La vision des relations de beaucoup de gens « gentils »

       Il faut arrêter avec la gentillesse. Etre gentil et s’attendre à recevoir quelque chose en retour, ça n’a aucun sens. Maltraiter quelqu’un et être gentil pour compenser, c’est tout aussi mauvais. Qui aime bien châtie bien, je déteste. C’est pas parce que tu me fais à manger que t’as le droit de me dévaloriser. Et puis quoi encore ? Alors, juste pour essayer, j’ai arrêté d’être gentille. J’ai décidé de réagir quand on dépassait mes limites. Et… ça a surpris. C’est fou comme on prend vite l’habitude de marcher sur quelqu’un. Et c’est fou comme on passe rapidement pour une personnes méchante quand on apprend, certes bien tard, à se faire respecter. Mais pour être honnête… Ca m’est totalement égal. A partir du moment où j’ai considéré que je n’étais pas gentille, j’ai osé verbaliser ce que je n’avais jamais osé dire et me séparer de personnes qui me faisaient du mal. Je ne cherche plus de personnes gentilles. Je cherche des personnes généreuses, attentionnées, pleines d’empathies, qui savent respecter mes limites, et verbaliser les leurs. Et je vis tellement mieux !  
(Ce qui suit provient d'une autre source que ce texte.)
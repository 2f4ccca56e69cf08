//! A link over UDP sockets, on loopback.
ghost use Rattle.std.specs.Prelude.{◌<◌};

use mdcc_base::Address;
use mdcc_link::{Link, Received, UdpLink};
use std::test::Fail;
use std::time::{Duration, Instant};

fn at_port(port: u16) -> Address {
    Address {
        host: [127, 0, 0, 1],
        port,
    }
}

// A datagram from one endpoint to another comes once and whole, a longer one than the buffer comes cut, and one that finds no
// receiver is no fault then or later. Whether one waits is told of each endpoint.
#[test]
fn carries_datagrams(rt: HostRuntime) -> Result<(), Fail> {
    let mut buffer = [0u8; 1401];
    let mut link = UdpLink::new(rt.alloc(), &rt);
    assert_eq!(rt; link.bind(1, at_port(39_301)), Ok(()));
    assert_eq!(rt; link.bind(17, at_port(39_317)), Ok(()));
    assert!(rt; link.bind(1, at_port(39_302)).is_err());
    assert!(rt; link.bind(2, at_port(39_301)).is_err());
    assert_eq!(rt; link.send(1, at_port(39_317), b"abc"), Ok(()));
    assert_eq!(rt; link.send(1, at_port(39_317), b"de"), Ok(()));
    assert_eq!(rt; link.receive(17, &mut buffer), Ok(Received::Got(3)));
    assert!(rt; buffer.starts_with(b"abc"));
    assert!(rt; link.waits(17) && !link.waits(1) && !link.waits(3));
    assert_eq!(rt; link.receive(17, &mut buffer), Ok(Received::Got(2)));
    assert!(rt; !link.waits(17));
    assert_eq!(rt; link.send(17, at_port(39_301), b""), Ok(()));
    assert!(rt; link.waits(1) && !link.waits(17) && !link.waits(3));
    assert_eq!(rt; link.receive(1, &mut buffer), Ok(Received::Got(0)));
    assert!(rt; !link.waits(1));
    let long = [7u8; 1500];
    assert_eq!(rt; link.send(17, at_port(39_301), &long), Ok(()));
    assert_eq!(rt; link.receive(1, &mut buffer), Ok(Received::Got(1401)));
    assert!(rt; buffer.iter().all(|byte| *byte == 7));
    assert_eq!(rt; link.send(1, at_port(39_305), b"x"), Ok(()));
    assert_eq!(rt; link.receive(1, &mut buffer), Ok(Received::Nothing));
    assert_eq!(rt; link.receive(17, &mut buffer), Ok(Received::Nothing));
    assert!(rt; link.send(3, at_port(39_301), b"x").is_err());
    assert!(rt; link.send(1, at_port(0), b"x").is_err());
    assert!(rt; link.receive(3, &mut buffer).is_err());
    Ok(())
}

// A centre to which datagrams come all the time has a pause after 4,096 of them, or sooner where one was late: both receives of a turn
// answer that nothing came, though one waits. It comes after that.
#[test]
fn pauses_where_datagrams_never_end(rt: HostRuntime) -> Result<(), Fail> {
    let mut buffer = [0u8; 8];
    let mut link = UdpLink::new(rt.alloc(), &rt);
    assert_eq!(rt; link.bind(1, at_port(39_501)), Ok(()));
    assert_eq!(rt; link.bind(17, at_port(39_517)), Ok(()));
    let mut taken = 0u32;
    for turn in 0..4_097u32 {
        assert_eq!(rt; link.send(17, at_port(39_501), b"own"), Ok(()));
        if link.receive(1, &mut buffer) == Ok(Received::Nothing) {
            break;
        }
        taken = turn + 1;
    }
    assert!(rt; taken > 1_000 && taken <= 4_096);
    assert!(rt; link.waits(1));
    assert_eq!(rt; link.send(1, at_port(39_517), b"client"), Ok(()));
    assert_eq!(rt; link.receive(17, &mut buffer), Ok(Received::Nothing));
    assert!(rt; link.waits(17));
    assert_eq!(rt; link.receive(17, &mut buffer), Ok(Received::Got(6)));
    assert_eq!(rt; link.receive(1, &mut buffer), Ok(Received::Got(3)));
    Ok(())
}

// A receive waits 20 milliseconds where nothing is there, or as long as it is told; not at a client's endpoint where the receive just
// before was at the centre's own.
#[test]
fn waits_when_idle(rt: HostRuntime) -> Result<(), Fail> {
    let mut buffer = [0u8; 8];
    let mut link = UdpLink::new(rt.alloc(), &rt);
    assert_eq!(rt; link.bind(1, at_port(39_401)), Ok(()));
    assert_eq!(rt; link.bind(17, at_port(39_417)), Ok(()));
    let rows = [
        (1, 20, 19, 20_000),
        (17, 20, 0, 15),
        (17, 20, 19, 20_000),
        (1, 150, 149, 20_000),
    ];
    for (at, wait, least, most) in rows {
        link.set_wait(wait);
        let start = Instant::now(&rt)?;
        assert_eq!(rt; link.receive(at, &mut buffer), Ok(Received::Nothing));
        let time = start.elapsed(&rt)?;
        assert!(rt; time >= Duration::from_millis(least) && time < Duration::from_millis(most));
    }
    Ok(())
}

// Thirty turns in which one endpoint of a centre has a datagram and the other has none: no receive waits.
#[test]
fn waits_for_nothing_where_something_lies(rt: HostRuntime) -> Result<(), Fail> {
    let mut buffer = [0u8; 8];
    let mut link = UdpLink::new(rt.alloc(), &rt);
    assert_eq!(rt; link.bind(1, at_port(39_601)), Ok(()));
    assert_eq!(rt; link.bind(17, at_port(39_617)), Ok(()));
    let start = Instant::now(&rt)?;
    for turn in 0..30u8 {
        assert_eq!(rt; link.send(17, at_port(39_601), b"own"), Ok(()));
        assert_eq!(rt; link.receive(1, &mut buffer), Ok(Received::Got(3)));
        assert_eq!(rt; link.receive(17, &mut buffer), Ok(Received::Nothing));
        assert_eq!(rt; link.send(1, at_port(39_617), b"client"), Ok(()));
        assert_eq!(rt; link.receive(1, &mut buffer), Ok(Received::Nothing));
        assert_eq!(rt; link.receive(17, &mut buffer), Ok(Received::Got(6)));
    }
    assert!(rt; start.elapsed(&rt)? < Duration::from_millis(800));
    Ok(())
}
       Ca ne sert à rien d’être gentil. Se faire écraser pour déranger, ça n’a aucun sens. Le plus paradoxal ? Depuis que je ne suis plus gentille, je dérange plus, certes, mais j’ai aussi des relations beaucoup plus saines. Et franchement, pourquoi se forcer à être gentille avec les personnes racistes, sexistes, homophobes, et j’en passe ? Voilà, pour le coup, quelque chose d’inutile. Pour prendre soin de soi et des autres, pas besoin de ça. Le changement est brutal. Comme dit Anna Akana : « Prépare-toi à avoir de nombreuses conversations gênantes, parce que le résultat vaut le coup ! »

1 réflexion au sujet de “Ca ne sert à rien d’être gentil”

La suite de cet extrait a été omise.